*** Block opens ***

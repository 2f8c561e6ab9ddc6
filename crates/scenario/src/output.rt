//! Where the answers of a script go: to a writer, as text or as JSON.
ghost use Rattle.std.specs.Prelude.{◌≡◌, OnOk, IfOk, IfErr, IsOk, false};
ghost use Rattle.std.specs.Io.KnownBytes.{Appends, Keeps};
ghost use Rattle.serde_json.specs.View.{view};
ghost use Rattle.serde_json.specs.Written.{has_float};
ghost use Rattle.scenario.specs.Heard.{IsUnheard};
ghost use Rattle.scenario.specs.Printed.{IsFormOf, Prints, data_line};

use crate::answers::{Row, Said};
use crate::json::{self, Object};
use crate::listener::Listener;
use crate::picture::Picture;
use crate::style::{Form, Pen, Style};
use crate::summary::{Summary, WaitText};
use crate::text::{LeftText, RowText, SaidText};
use lock_manager::Blocked;
use lock_script::{Fault, Name, Names};
use std::alloc::Global;
use std::io::{self, Write};

/// The printed answers of a script. Each line goes to the writer at once, and is passed on where a line of
/// the script is answered and the next one isn't at hand.
#[derive(Drop)]
pub struct Output<W: Write + Drop> {
    writer: W,
    form: Form,
    pen: Option<Pen>,
    is_echoing: bool,
    // The line of the script that is answered, counted from 1.
    line: u32,
    // Whether the next line is at hand, and whether something was printed that is to be passed on.
    more: bool,
    holds: bool,
    // Whether a listing was told.
    has_listed: bool,
}

/// The `outcome` of a write: its error is a fault of the script.
fn written(outcome: io::Result<()>) -> Result<(), Fault>
    ensures ok { OnOk result (IsOk outcome) }
    ensures unheard { IfErr result IsUnheard }
{
    outcome.map_err(|_| Fault::WriteFailed)
}

impl<W: Write + Drop> Output<W> {
    /// Output to `writer`, as text and the answers alone.
    pub fn new(writer: W) -> Self
        ensures writer { result.writer ≡ writer }
        ensures form { result.form ≡ Form.Text }
        ensures is_echoing { result.is_echoing ≡ false }
        ensures line { result.line ≡ 0 }
    {
        Output {
            writer,
            form: Form::Text,
            pen: None,
            is_echoing: false,
            line: 0,
            more: false,
            holds: false,
            has_listed: false,
        }
    }

    /// Output to `writer` in the style `style`, with memory by `alloc`.
    pub fn styled(alloc: Global, writer: W, style: Style) -> Self
        ensures writer { result.writer ≡ writer }
        ensures form { IsFormOf style.json result.form }
        ensures is_echoing { result.is_echoing ≡ style.echo }
        ensures line { result.line ≡ 0 }
    {
        let form = if style.json {
            Form::Json(alloc)
        } else {
            Form::Text
        };
        let pen = match style.graph {
            Some(drawing) => Some(Pen { drawing, alloc }),
            None => None,
        };
        Output {
            writer,
            form,
            pen,
            is_echoing: style.echo,
            line: 0,
            more: false,
            holds: false,
            has_listed: false,
        }
    }

    /// The writer, to which all that was heard was written.
    pub fn into_writer(self) -> W
        ensures { result ≡ self.writer }
    {
        self.writer
    }

    /// Writes `object` as a line of JSON, with memory by `alloc`.
    fn write_object(&mut self, alloc: Global, object: Object) -> Result<(), Fault>
        ensures written { OnOk result (IfOk object (λ it. has_float (view it) ≡ false →
            Appends (W.contents self.old.writer) (W.contents self.new.writer) (data_line (view it)))) }
        ensures object { OnOk result (IsOk object) }
        ensures unheard { IfErr result IsUnheard }
        ensures line { self.new.line ≡ self.old.line }
        ensures form { self.new.form ≡ self.old.form }
        ensures is_echoing { self.new.is_echoing ≡ self.old.is_echoing }
    {
        let Ok(object) = object else {
            return Err(Fault::NoMemory);
        };
        let Ok(text) = object.to_string(alloc) else {
            return Err(Fault::NoMemory);
        };
        written(writeln!(self.writer, "{text}"))
    }

    /// Passes what was printed on to the writer.
    fn flush(&mut self) -> Result<(), Fault>
        ensures kept { Keeps (W.contents self.old.writer) (W.contents self.new.writer) }
        ensures unheard { IfErr result IsUnheard }
        ensures line { self.new.line ≡ self.old.line }
        ensures form { self.new.form ≡ self.old.form }
        ensures is_echoing { self.new.is_echoing ≡ self.old.is_echoing }
    {
        written(self.writer.flush())
    }

    /// Writes a row for each wait of a `summary`, whose objects are known by `names`, or that there was none;
    /// and who is left waiting, where `tells_left`.
    pub fn summarize(
        &mut self,
        names: &Names,
        summary: &Summary,
        tells_left: bool,
    ) -> Result<(), Fault>
        ensures unheard { IfErr result IsUnheard }
    {
        for wait in &summary.waits {
            match self.form {
                Form::Text => written(writeln!(self.writer, "{}", WaitText { names, wait }))?,
                Form::Json(alloc) => { self.write_object(alloc, json::waited(alloc, names, wait))? }
            }
        }
        if let Form::Text = self.form {
            if summary.waits.is_empty() {
                written(writeln!(self.writer, "nobody waited"))?;
            }
        }
        if tells_left {
            let Ok(left) = summary.left() else {
                return Err(Fault::NoMemory);
            };
            self.left(left.as_slice(), 0)?;
        }
        self.flush()
    }

    /// Passes what was printed on to the writer, where there is something to pass on and somebody may wait
    /// for it.
    fn settle(&mut self) -> Result<(), Fault>
        ensures kept { Keeps (W.contents self.old.writer) (W.contents self.new.writer) }
        ensures unheard { IfErr result IsUnheard }
        ensures line { self.new.line ≡ self.old.line }
        ensures form { self.new.form ≡ self.old.form }
        ensures is_echoing { self.new.is_echoing ≡ self.old.is_echoing }
    {
        if self.more || !self.holds {
            return Ok(());
        }
        self.holds = false;
        self.flush()
    }
}

impl<W: Write + Drop> Listener for Output<W> {
    ghost hears = { λ old heard new. Prints W.contents old heard new };

    fn begin_line(&mut self, number: u32, text: &str, more: bool) -> Result<(), Fault> {
        self.line = number;
        self.more = more;
        if !self.is_echoing {
            return self.settle();
        }
        match self.form {
            Form::Text => written(writeln!(self.writer, "> {text}"))?,
            Form::Json(alloc) => self.write_object(alloc, json::echo(alloc, number, text))?,
        }
        self.holds = true;
        self.settle()
    }

    fn said(&mut self, names: &Names, name: Name, said: Said) -> Result<(), Fault> {
        match self.form {
            Form::Text => {
                let text = SaidText { names, said };
                written(writeln!(self.writer, "{name}: {text}"))
            }
            Form::Json(alloc) => {
                self.write_object(alloc, json::said(alloc, self.line, names, &name, said))
            }
        }
    }

    fn row(&mut self, names: &Names, row: Row) -> Result<(), Fault> {
        self.has_listed = self.has_listed || matches!(row, Row::Rows(_));
        match self.form {
            Form::Text => {
                let text = RowText { names, row };
                written(writeln!(self.writer, "{text}"))
            }
            Form::Json(alloc) => {
                self.write_object(alloc, json::row(alloc, self.line, names, row))
            }
        }
    }

    fn pen(&self) -> Option<Pen> {
        self.pen
    }

    fn picture(&mut self, names: &Names, picture: &Picture) -> Result<(), Fault> {
        if picture.is_empty() {
            return Ok(());
        }
        let Ok(text) = picture.text(names) else {
            return Err(Fault::NoMemory);
        };
        match self.form {
            Form::Text => written(write!(self.writer, "{text}"))?,
            Form::Json(alloc) => {
                let drawing = picture.drawing().name();
                let object = json::picture(alloc, self.line, drawing, text.as_str());
                self.write_object(alloc, object)?
            }
        }
        self.holds = true;
        self.settle()
    }

    fn last_pen(&self) -> Option<Pen> {
        if self.has_listed {
            return None;
        }
        self.pen
    }

    fn blocked(&mut self, _names: &Names, _blocked: &Blocked) -> Result<(), Fault> {
        Ok(())
    }

    fn tell(&mut self, text: &str) -> Result<(), Fault> {
        written(write!(self.writer, "{text}"))?;
        self.flush()
    }

    fn end_line(&mut self) -> Result<(), Fault> {
        self.holds = true;
        self.settle()
    }

    fn keep_line(&mut self, _number: u32, _text: &str, more: bool) -> Result<(), Fault> {
        self.more = more;
        self.settle()
    }

    fn ended(&mut self, _names: &Names, _tells_left: bool) -> Result<(), Fault> {
        Ok(())
    }

    fn left(&mut self, waiting: &[Name], lines: u64) -> Result<(), Fault> {
        let Some((first, others)) = waiting.split_first() else {
            return Ok(());
        };
        match self.form {
            Form::Text => {
                let first = *first;
                let text = LeftText {
                    first,
                    others,
                    lines,
                };
                written(writeln!(self.writer, "{text}"))?
            }
            Form::Json(alloc) => self.write_object(alloc, json::left(alloc, waiting, lines))?,
        }
        self.flush()
    }
}
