//! The answers of a script as JSON: an object for each line of text, with the number of the script's line
//! that it answers.

ghost use Rattle.std.specs.Prelude.{◌≡◌, IfOk, IfSome, []};
ghost use Rattle.serde_json.specs.View.{view};
ghost use Rattle.scenario.specs.Json.{in_the_way_data, left_data, line_data, not_owned_data, picture_data, refused_data, refused_with, row_data, said_data, told_data, unlocked_all_data};

use crate::answers::{Row, Said};
use crate::style::Drawing;
use crate::summary::{WaitEnd, WaitRow};
use crate::text::{how_text, name_of, plain_text, refusal_text};
use lock_manager::{Blocker, Mode, QueueRow, Refusal, SlotRow, TableRow};
use lock_script::{Name, NamedObject, Names};
use serde_json::{Value, json};
use std::alloc::{AllocError, Global};

/// An object of JSON, if there was the memory for it.
pub type Object = Result<Value, AllocError>;

/// The object of the line `line` of the script, whose text is `text`.
pub fn echo(alloc: Global, line: u32, text: &str) -> Object
    ensures { IfOk result (λ object. view object ≡ line_data line text.now) }
{
    json!(in alloc; {"line": line, "echo": text})
}

/// The object of the picture `text` of who waits for whom after the line `line`, in the language `drawing`.
pub fn picture(alloc: Global, line: u32, drawing: &str, text: &str) -> Object
    ensures { IfOk result (λ object. view object ≡ picture_data line drawing.now text.now) }
{
    json!(in alloc; {"line": line, "graph": drawing, "text": text})
}

/// The line of JSON of the picture `text` of a whole script that ended with the line `line`, in the language
/// `drawing`, with memory by `alloc`. The error is being out of it.
pub fn picture_line(
    alloc: Global,
    line: u32,
    drawing: Drawing,
    text: &str,
) -> Result<String, AllocError> {
    let object = picture(alloc, line, drawing.name(), text)?;
    let mut line = object.to_string(alloc)?;
    line.push('\n')?;
    Ok(line)
}

/// The object of `said`, which the session `name` is answered at the line `line`, where `names` are those of
/// all sessions and objects.
pub fn said(alloc: Global, line: u32, names: &Names, name: &Name, said: Said) -> Object
    ensures { IfOk result (λ object. view object ≡ said_data line names.now name.now said) }
{
    match said {
        Said::Opened { session, database } => json!(in alloc; {
            "line": line, "session": name.as_str(), "answer": "opened",
            "number": session.number(), "database": database
        }),
        Said::Asked(other) => json!(in alloc; {
            "line": line, "session": name.as_str(), "answer": "asked", "other": other.as_str()
        }),
        Said::UnlockedAll(released) => unlocked_all(alloc, line, name, released),
        Said::Level(level) => json!(in alloc; {
            "line": line, "session": name.as_str(), "answer": "at a level", "level": level
        }),
        Said::Owned {
            of_transaction,
            of_session,
        } => json!(in alloc; {
            "line": line, "session": name.as_str(), "answer": "owned",
            "of_transaction": of_transaction, "of_session": of_session
        }),
        Said::NotOwned(mode) => not_owned(alloc, line, name, mode.name()),
        Said::Refused(refusal) => refused(alloc, line, names, name, refusal),
        plain => answer(alloc, line, name, plain_text(plain)),
    }
}

/// The object of a release of all advisory locks at the line `line`, by which the session `name` lost
/// `released` holds.
fn unlocked_all(alloc: Global, line: u32, name: &Name, released: u32) -> Object
    ensures { IfOk result (λ object. view object ≡ unlocked_all_data line name.now released) }
{
    json!(in alloc; {
        "line": line, "session": name.as_str(), "answer": "released all", "released": released
    })
}

/// The object of a release at the line `line`, where the session `name` doesn't own the lock in `mode`.
fn not_owned(alloc: Global, line: u32, name: &Name, mode: &str) -> Object
    ensures { IfOk result (λ object. view object ≡ not_owned_data line name.now mode.now) }
{
    json!(in alloc; {
        "line": line, "session": name.as_str(), "answer": "not owned", "mode": mode
    })
}

/// The object of an answer in words alone, `text`, to the session `name` at the line `line`.
fn answer(alloc: Global, line: u32, name: &Name, text: &str) -> Object
    ensures { IfOk result (λ object. view object ≡ told_data line name.now text.now []) }
{
    json!(in alloc; {"line": line, "session": name.as_str(), "answer": text})
}

/// The object of a call of the session `name` that was refused at the line `line` by `refusal`, where `names`
/// are those of all sessions and objects.
fn refused(alloc: Global, line: u32, names: &Names, name: &Name, refusal: Refusal) -> Object
    ensures { IfOk result (λ object. view object ≡ refused_data line names.now name.now refusal) }
{
    let (number, text) = (refusal.number(), refusal_text(refusal));
    match &refusal {
        Refusal::Conflict { session, mode, how } => {
            let other = name_of(names, *session);
            json!(in alloc; {
                "line": line, "session": name.as_str(), "answer": "refused", "number": number,
                "refusal": text, "other": other.as_str(), "mode": mode.name(), "how": how_text(*how)
            })
        }
        Refusal::SimpleDeadlock { session } => {
            let other = name_of(names, *session);
            json!(in alloc; {
                "line": line, "session": name.as_str(), "answer": "refused",
                "number": number, "refusal": text, "other": other.as_str()
            })
        }
        _ => refused_alone(alloc, line, name, number, text),
    }
}

/// The object of a call of the session `name` that was refused at the line `line` for a reason that names
/// nobody: its `number` and `text`.
fn refused_alone(alloc: Global, line: u32, name: &Name, number: u8, text: &str) -> Object
    ensures { IfOk result (λ object. view object ≡ refused_with line name.now number text.now []) }
{
    json!(in alloc; {
        "line": line, "session": name.as_str(), "answer": "refused",
        "number": number, "refusal": text
    })
}

/// The object of the row `row` at the line `line`, where `names` are those of all sessions and objects.
pub fn row(alloc: Global, line: u32, names: &Names, row: Row) -> Object
    ensures { IfSome (row_data line names.now row) (λ shown. IfOk result (λ object. view object ≡ shown)) }
{
    match row {
        Row::Slot(row) => slot_row(alloc, line, names, row),
        Row::Table(row) => table_row(alloc, line, names, row),
        Row::Rows(rows) => json!(in alloc; {"line": line, "rows": rows}),
        Row::Wait(row) => queue_row(alloc, line, names, &row),
        Row::Waits(waits) => json!(in alloc; {"line": line, "waits": waits}),
        Row::InTheWay(name, blocker) => in_the_way(alloc, line, names, name, blocker),
        Row::NotWaiting(name) => answer(alloc, line, &name, "isn't waiting"),
        Row::Counter { index, shown } => {
            json!(in alloc; {"line": line, "strong": index, "value": shown})
        }
        Row::Hash(tag) => json!(in alloc; {
            "line": line, "hash": tag.hash(), "partition": tag.partition(),
            "strong": tag.strong_index()
        }),
        Row::Named(named) => name_row(alloc, line, names, named),
    }
}

/// The object of the line `line`, by which an object was given a name, as `named` says, where `names` are
/// those of all sessions and objects.
fn name_row(alloc: Global, line: u32, names: &Names, named: NamedObject) -> Object
    ensures { IfSome (row_data line names.now (Row.Named named)) (λ shown. IfOk result (λ object. view object ≡ shown)) }
{
    let tag = format!(in alloc; "{}", named.tag)?;
    json!(in alloc; {"line": line, "name": named.name.as_str(), "tag": tag})
}

/// The object of a lock in a slot, `row`, at the line `line`, where `names` are those of all sessions and
/// objects. The object's name, if it has one, comes after its tag.
fn slot_row(alloc: Global, line: u32, names: &Names, row: SlotRow) -> Object
    ensures { IfSome (row_data line names.now (Row.Slot row)) (λ shown. IfOk result (λ object. view object ≡ shown)) }
{
    let name = name_of(names, row.session);
    let tag = format!(in alloc; "{}", row.tag)?;
    match names.objects.name_of(row.tag) {
        Some(object) => json!(in alloc; {
            "line": line, "row": "fast", "session": name.as_str(), "slot": row.slot,
            "tag": tag, "name": object.as_str(), "mode": row.mode.name()
        }),
        None => json!(in alloc; {
            "line": line, "row": "fast", "session": name.as_str(), "slot": row.slot,
            "tag": tag, "mode": row.mode.name()
        }),
    }
}

/// The object of a lock in the table, `row`, at the line `line`, where `names` are those of all sessions and
/// objects. The object's name, if it has one, comes after its tag.
fn table_row(alloc: Global, line: u32, names: &Names, row: TableRow) -> Object
    ensures { IfSome (row_data line names.now (Row.Table row)) (λ shown. IfOk result (λ object. view object ≡ shown)) }
{
    let name = name_of(names, row.session);
    let tag = format!(in alloc; "{}", row.tag)?;
    match names.objects.name_of(row.tag) {
        Some(object) => json!(in alloc; {
            "line": line, "row": "table", "session": name.as_str(), "tag": tag,
            "name": object.as_str(), "mode": row.mode.name(), "granted": row.granted
        }),
        None => json!(in alloc; {
            "line": line, "row": "table", "session": name.as_str(),
            "tag": tag, "mode": row.mode.name(), "granted": row.granted
        }),
    }
}

/// The object of a wait in a queue, `row`, at the line `line`, with the modes that its session held when it
/// joined, where `names` are those of all sessions and objects.
fn queue_row(alloc: Global, line: u32, names: &Names, row: &QueueRow) -> Object {
    let name = name_of(names, row.session);
    let mut held = Vec::new(alloc);
    for mode in Mode::ALL {
        if row.held.has(mode) {
            held.push(Value::try_from_str(alloc, mode.name())?)?;
        }
    }
    let held = Value::Array(held);
    json!(in alloc; {
        "line": line, "row": "queue", "session": name.as_str(), "mode": row.mode.name(), "held": held
    })
}

/// The object of `blocker`, one that is in the way of the session `name`, at the line `line`, where `names`
/// are those of all sessions and objects.
fn in_the_way(alloc: Global, line: u32, names: &Names, name: Name, blocker: Blocker) -> Object
    ensures { IfOk result (λ object. view object ≡ in_the_way_data line names.now name blocker) }
{
    let who = name_of(names, blocker.session);
    json!(in alloc; {
        "line": line, "row": "blocker", "session": name.as_str(), "waits_for": who.as_str(),
        "mode": blocker.mode.name(), "how": how_text(blocker.how)
    })
}

/// The object of JSON for the row `wait` of a summary. The object that the session awaited is known by
/// `names`.
pub fn waited(alloc: Global, names: &Names, wait: &WaitRow) -> Object {
    let mut behind = Vec::new(alloc);
    for obstacle in &wait.behind {
        behind.push(json!(in alloc; {
            "session": obstacle.session.as_str(), "mode": obstacle.mode.name(),
            "how": how_text(obstacle.how)
        })?)?;
    }
    let behind = Value::Array(behind);
    let tag = format!(in alloc; "{}", wait.tag)?;
    let (to, ended) = match wait.ended {
        Some(WaitEnd { line, granted }) => {
            let ended = if granted { "granted" } else { "cancelled" };
            (json!(in alloc; line)?, Value::try_from_str(alloc, ended)?)
        }
        None => (Value::Null, Value::Null),
    };
    match names.objects.name_of(wait.tag) {
        Some(object) => json!(in alloc; {
            "waited": wait.session.as_str(), "from": wait.from, "to": to, "ended": ended,
            "tag": tag, "name": object.as_str(), "mode": wait.mode.name(), "behind": behind
        }),
        None => json!(in alloc; {
            "waited": wait.session.as_str(), "from": wait.from, "to": to, "ended": ended,
            "tag": tag, "mode": wait.mode.name(), "behind": behind
        }),
    }
}

/// The object of JSON for the end of a script: the names `waiting` of the sessions that wait, and the number
/// `lines` of their lines that were not reached.
pub fn left(alloc: Global, waiting: &[Name], lines: u64) -> Object
    ensures { IfOk result (λ object. view object ≡ left_data waiting.now lines) }
{
    let mut names = Vec::new(alloc);
    'names: for name in waiting {
        names.push(Value::try_from_str(alloc, name.as_str())?)?;
    }
    let names = Value::Array(names);
    json!(in alloc; {"left_waiting": names, "not_reached": lines})
}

*** Block closes ***

**WORK ITEM:** Copy out each line of the records above that includes "ghost".

**WORKED SOLUTION:**
ghost use Rattle.std.specs.Prelude.{◌≡◌, OnOk, IfOk, IfErr, IsOk, false};
ghost use Rattle.std.specs.Io.KnownBytes.{Appends, Keeps};
ghost use Rattle.serde_json.specs.View.{view};
ghost use Rattle.serde_json.specs.Written.{has_float};
ghost use Rattle.scenario.specs.Heard.{IsUnheard};
ghost use Rattle.scenario.specs.Printed.{IsFormOf, Prints, data_line};
    ghost hears = { λ old heard new. Prints W.contents old heard new };
ghost use Rattle.std.specs.Prelude.{◌≡◌, IfOk, IfSome, []};
ghost use Rattle.serde_json.specs.View.{view};
ghost use Rattle.scenario.specs.Json.{in_the_way_data, left_data, line_data, not_owned_data, picture_data, refused_data, refused_with, row_data, said_data, told_data, unlocked_all_data};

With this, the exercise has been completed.